Any questions or if you want to become a sponsor , please P.M me. I will be adding more info and sponsors as i get them.

Thanks,

Mark


----------



## KevinA (May 22, 2004)

Sounds good Mark.

We hope to fish the tuttles tournament this year.


----------



## [email protected] Sportfishing (Jun 10, 2005)

Hey Mark,

I have heard that all of the FLW's are going to be in June this year. And there is one SKA so far in June. I know that a lot of the teams that fish your tournament also fish SKA or FLW. Just wanted to give you a heads up.

David


----------



## gulf_addict (Aug 26, 2005)

I don't believe there are any SKA or TKA events that weekend, I could be wrong, but the Houston Big Game tournament is that weekend.


----------



## [email protected] Sportfishing (Jun 10, 2005)

No I don't belive there is but I think there will be an FLW that weekend.


----------



## whos your daddy (Jun 2, 2004)

*Flw ?*

I heard over the weekend that the FLW still has not decided on a schedule yet. I did hear that there was only one in Galveston this year and that the FLW tournaments were a month apart from each other. I tried to contact Chris Hoover @ FLW and he still hasnt retured my calls or emails. Got tired of waiting.


----------



## [email protected] Sportfishing (Jun 10, 2005)

I understand that. I just thought I would give you a heads up. My wife is due with our first on the 12th of June. I hope that I can make the tournament.


----------



## Capt Chad (May 1, 2006)

I spoke with Chris on Thursday. He has sent the schedule up to the powers but has not received anything back from them. He did say the schedule he sent included the Gulf Coast Division. He could not provide the dates.

We look forward to fishing this tournament again this year.

Chad


----------



## Sixtoe (Jul 8, 2004)

Hey Mark you forgot mini-kegs for 3rd.
Looking forward to it again!


----------



## whos your daddy (Jun 2, 2004)

*Tuttles*

Brian,

Great , I got a brand new bucket waiting on you !


----------



## Sixtoe (Jul 8, 2004)

sweet


----------



## 2KSOTY (Jun 6, 2005)

*You hope.*



whos your daddy said:


> Brian,
> 
> Great , I got a brand new bucket waiting on you !


I'm not too sure he'll be joining us with all the wedding planning going on.

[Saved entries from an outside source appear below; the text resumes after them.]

//! Worked histories of two partitions, computed from the definitions.

ghost use Rattle.std.specs.Prelude.{◌≡◌, ◌-◌, [], ◌∷◌, drop, map};
ghost use Rattle.auth_events.specs.Book.{IsLegal};
ghost use Rattle.history_laws.specs.Worked as worked;
ghost use Rattle.isolation.specs.Partitions.{alone_in, renumbered};
ghost use Rattle.isolation.specs.Worked.{alone_of_p, alone_of_q};
ghost use Rattle.isolation.specs.Worked.{shared, shared_names, shared_roster};

/// A history of two partitions is legal, and so is what each of them has of it alone: its own
/// entries, its prompts numbered from 1. A partition whose cache fills up has alone what stands
/// behind the four entries of another one that came first, each prompt with the number before
/// its own.
pub fn worked_partitions()
    ensures shared { IsLegal shared_roster shared_names shared }
    ensures alone_p { alone_in shared_roster (112 ∷ []) shared ≡ alone_of_p }
    ensures alone_q { alone_in shared_roster (113 ∷ []) shared ≡ alone_of_q }
    ensures legal_p { IsLegal shared_roster shared_names alone_of_p }
    ensures legal_q { IsLegal shared_roster shared_names alone_of_q }
    ensures full { alone_in worked.full_cache_beside_roster (109 ∷ []) worked.full_cache_beside
        ≡ map (renumbered (λ p. p - 1)) (drop 4 worked.full_cache_beside) }
{}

Looking foward to it. Team Bad Habit


----------



## KMaryP (Jun 28, 2004)

I don't think we'll be fishing the tournament (unless you need crew!) but I'd be more than happy to help out with whatever you and Kelly need. Let me know...


----------



## Dolphingirl (Apr 5, 2006)

*Help*

Don't worry I will be calling ya! :cheers:

Brian you must bring your fiance too!!!!

Kelly


----------



## Slightly Dangerous (May 21, 2004)

My team will be there. Wouldn't miss this great event.
Jerry


----------



## MattyMaster (Mar 28, 2006)

Sixtoe said:


> sweet


you the dude in the pic *****'n in the bucket?

dayumm...that shafiea....


----------



## bluewateraggie01 (Feb 21, 2005)

Team Deja Blu to be attending. I think that there should be a lineup of boats to leave this year, last year it was crazy and dangerous. One boat at a time running to the cut.

Josh


----------



## whos your daddy (Jun 2, 2004)

*Checkout*

This year there will be no checkout. This will hopefully eliminate all the boats leaving at one time. Glad you are coming.


----------



## Dolphingirl (Apr 5, 2006)

*Yahoo!*

And that means that I don't have to be there when you guys are leaving...I get to enjoy myself Calcutta nite! YEAH!!:wink:


----------



## LIONESS-270 (May 19, 2005)

Dolphingirl said:


> And that means that I don't have to be there when you guys are leaving...I get to enjoy myself Calcutta nite! YEAH!!:wink:


and being a bad influence on Robs again?









You two can sing...I give yaul that....














I'm bringing my ear plugs.....









If we are not out of the Country...we will be there to Help...

chief


----------



## Dolphingirl (Apr 5, 2006)

*Uh_oh!*

Hey you already promised that you would be there. No backing out.sad3sm

Robs and I enjoyed ourselves and will definietly do so again this year!:cheers:

Kelly:tongue:


----------



## KMaryP (Jun 28, 2004)

chiefcharlie said:


> You two can sing...I give yaul that....
> 
> 
> 
> ...


You better bring ear plugs for everyone because I plan to be there too and you ain't heard sangin' til you've heard me! sad3sm Have you ever heard of somebody that can't even carry the tune to "Happy Birthday"? It's painful to hear, trust me!  LOL

Keith used to think I could sing and encouraged me to join our church choir. Then one night he talked me into singing karaoke at some dive in New Braunfels a few years ago. He said he wanted to crawl out of there after the first 5 seconds. He doesn't ask me to sing anymore.


----------



## rambunctious (May 30, 2004)

*Krusty #3*

My team is planning on being there.
Terry


----------



## Dolphingirl (Apr 5, 2006)

*Holy Cow!*

KMaryP---maybe it is that Vodka that makes you sing crazy! You have to stick with the Ultra. Robs was shaking a leg, that woman can sing! 
I can't wait, we are gonna have fun and now I am really glad that there is no check out since your gonna be there! HA!:rotfl:

Where is the Lioness? She needs to be here.....


----------



## LIONESS-270 (May 19, 2005)

Lioness is Hunting all Day...the Bucks are coming to horns..Big Time!!


----------



## formula23 (Aug 18, 2006)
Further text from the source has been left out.